Print the listing in full, with no character changed.

··· Available data

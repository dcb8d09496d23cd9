// Sites are numbered from 0, and commit records from 1.
pub const SITES: u32 = 16;

pub const RECORDS: u32 = 64;

// The longest lifetime of an action.
pub const LONGEST: u32 = 1_048_576;

// A clock that has reached this is spent.
pub const SPENT_AT: u32 = 134_217_728;

// A pseudo-time is a creation times this, and a selection.
pub const PER_CREATION: u64 = 4_294_967_296;

// The pseudo-times of one clock.
pub const PER_CLOCK: u64 = 68_719_476_736;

······

**Task answer:**
repository dcb8d09496d23cd9
// Sites are numbered from 0, and commit records from 1.
pub const SITES: u32 = 16;

pub const RECORDS: u32 = 64;

// The longest lifetime of an action.
pub const LONGEST: u32 = 1_048_576;

// A clock that has reached this is spent.
pub const SPENT_AT: u32 = 134_217_728;

// A pseudo-time is a creation times this, and a selection.
pub const PER_CREATION: u64 = 4_294_967_296;

// The pseudo-times of one clock.
pub const PER_CLOCK: u64 = 68_719_476_736;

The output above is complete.